'A fresh, impressive new translation of The Divine Comedy that is both easy-going and lucid' Best Books of 2013, Sunday Times


The Divine Comedy is the precursor of modern literature, and Clive James's new translation - his life's work and decades in the making - presents Dante's entire epic as a whole, unified, and compulsively readable lyric poem.


For Dante, the dramatic human stories of Hell were exciting, but the spiritual studies of Purgatory and the sublime panoramas of Heaven were no less so. In his incantatory new version, James - defying the convention by writing in quatrains - creates a striking and hugely accessible translation that reproduces the same wonderful momentum of the original Italian and propels the reader along the pilgrim's path from Hell to Heaven, from despair to revelation.

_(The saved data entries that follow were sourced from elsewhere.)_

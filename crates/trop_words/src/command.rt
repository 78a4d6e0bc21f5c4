//! What a user may ask for.
use thiserror::Error;

/// By which domain a program is analysed.
#[derive(Clone, Copy, Debug, PartialEq, Eq)]
pub enum Mode {
    /// Tropical polyhedra by maximum and sum.
    Max,
    /// Tropical polyhedra by minimum and sum.
    Min,
    /// Tropical polyhedra by maximum and sum over the variables and their opposites.
    Mixed,
    /// Zones: bounds of the differences of two variables, and of variables.
    Zone,
}

/// What a user may ask for.
#[derive(Clone, Copy, Debug, PartialEq, Eq)]
pub enum Command<'a> {
    /// The canonical list of the combinations of rows.
    Reduce,
    /// The canonical list of the solutions of inequalities.
    Ext,
    /// The inequalities whose solutions are the combinations of rows; where `lean`, those of them that stay when, one
    /// after another, each that follows from the rest is dropped, with rows that show it.
    Int { lean: bool },
    /// The tangent hypergraph of a system at a row.
    Tangent,
    /// Whether one cone lies in another.
    Include,
    /// Whether two cones are equal.
    Equal,
    /// The join of two cones.
    Join,
    /// The meet of two cones.
    Meet,
    /// The cone without what it says of one variable, by its name of at most 32 bytes.
    Forget { var: &'a str },
    /// One run of a program, of at most `turns` steps, 0 to 10,000.
    Trace { turns: u32 },
    /// The invariants of a program. The first `delay` changes of a loop's head, 0 to 1,000, are joins; `narrow`
    /// descending passes, 0 to 100, follow.
    Analyze { mode: Mode, delay: u32, narrow: u32 },
    /// Whether a report is inductive.
    Check,
    /// The sizes of a system of `rows` inequalities, 0 to 1,024, in `vars` variables, 1 to 31, made from `seed`, below
    /// 2^31.
    Sample { seed: u32, vars: u32, rows: u32 },
}

/// The words spell no command.
#[derive(Clone, Copy, Debug, PartialEq, Eq, Error)]
#[error("bad words")]
pub struct BadWords;
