// Analyses by the domain that knows whether the first variable is zero; what is wanted is written by hand.
use super::reading::graph_of;
use crate::{FirstZero, Known};
use dom_iter::{Family, analyse};
use std::alloc::Global;
use std::test::Fail;

// A program, the delay and the passes of the narrowing, the passes of the ascent, and for each point `0` where the
// first variable is zero, `?` where it may be any number.
struct Case {
    program: &'static str,
    delay: u32,
    narrow: u32,
    passes: u64,
    known: &'static str,
}

const CASES: [Case; 6] = [
    Case {
        program: "vars ls n ld; assume ls >= 0; ld := 0; while ld < n && ld < ls { ld :=
ld + 1; } if ld >= n { havoc ld; assume ld >= n; } assert min(ls, n) =
min(ld, n);",
        delay: 2,
        narrow: 0,
        passes: 2,
        known: "??????????",
    },
    Case {
        program: "vars ld n ls; assume ls >= 0; ld := 0; while ld < n && ld < ls { ld :=
ld + 1; } if ld >= n { havoc ld; assume ld >= n; } assert min(ls, n) =
min(ld, n);",
        delay: 2,
        narrow: 0,
        passes: 3,
        known: "??????????",
    },
    Case {
        program: "vars ld n ls; assume ls >= 0; ld := 0; while ld < n && ld < ls { ls :=
ls - 1; } if ld >= n { havoc ld; assume ld >= n; } assert min(ls, n) =
min(ld, n);",
        delay: 0,
        narrow: 2,
        passes: 2,
        known: "??00000???",
    },
    Case {
        program: "vars x; x := 0; while ? { x := x + 1; x := 0; } skip;",
        delay: 0,
        narrow: 1,
        passes: 2,
        known: "?00?00",
    },
    Case {
        program: "vars x; x := 0; while ? { x := x + 1; } x := 0; skip;",
        delay: 1,
        narrow: 1,
        passes: 3,
        known: "????00",
    },
    Case {
        program: "vars;",
        delay: 1000,
        narrow: 100,
        passes: 1,
        known: "?",
    },
];

fn letter(known: Known) -> char {
    match known {
        Known::Nothing => '-',
        Known::Zero => '0',
        Known::Anything => '?',
    }
}

// The passes of the ascent, and what is known at each point.
fn told(alloc: Global, family: &Family<FirstZero>) -> Result<String, Fail> {
    let mut text = format!(in alloc; "{} passes, ", family.passes)?;
    for value in &family.values {
        text.push(letter(value.known()))?;
    }
    Ok(text)
}

fn analysed(alloc: Global, case: &Case) -> Result<String, Fail> {
    let (delay, narrow) = (case.delay, case.narrow);
    let Some(graph) = graph_of(alloc, case.program.as_bytes())? else {
        return Ok(String::from_str(alloc, "no program")?);
    };
    if graph.vars() > 63 {
        return Ok(String::from_str(alloc, "too many variables")?);
    }
    if delay > 1000 {
        return Ok(String::from_str(alloc, "too great a delay")?);
    }
    if narrow > 100 {
        return Ok(String::from_str(alloc, "too much narrowing")?);
    }
    match analyse::<FirstZero>(alloc, &graph, delay, narrow) {
        Ok(family) => told(alloc, &family),
        Err(_) => Ok(String::from_str(alloc, "refused")?),
    }
}

#[test]
fn first_variables(rt: HostRuntime) -> Result<(), Fail> {
    let alloc = rt.alloc();
    for case in &CASES {
        let wanted = format!(in alloc; "{} passes, {}", case.passes, case.known)?;
        let got = analysed(alloc, case)?;
        assert_eq!(rt; got.as_str(), wanted.as_str(), "{}", case.program);
    }
    Ok(())
}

'Wonderfully unstuffy and injects fresh life back into the poem' Mary Beard, Books of the Year 2013, Observer


'An extraordinary verse-rendering . . . The result is a revelation' Robert McCrum, Guardian


'An outstanding achievement . . . Clive James has now given us a translation worthy of this and any other time; and a great piece of literature in its own right' Evening Standard



Clive James is the author of more than forty books. As well as verse and novels, he has published collections of essays, literary criticism, television criticism and travel writing, plus five volumes of autobiography. In 1992 he was made a Member of the Order of Australia, and in 2003 he was awarded the Philip Hodgins memorial medal for literature.


His other poetry collections include Collected Poems, Angels Over Elsinore, Opal Sunset and Sentenced to Life, and he is also the author of a verse commentary on Proust, Gate of Lilacs.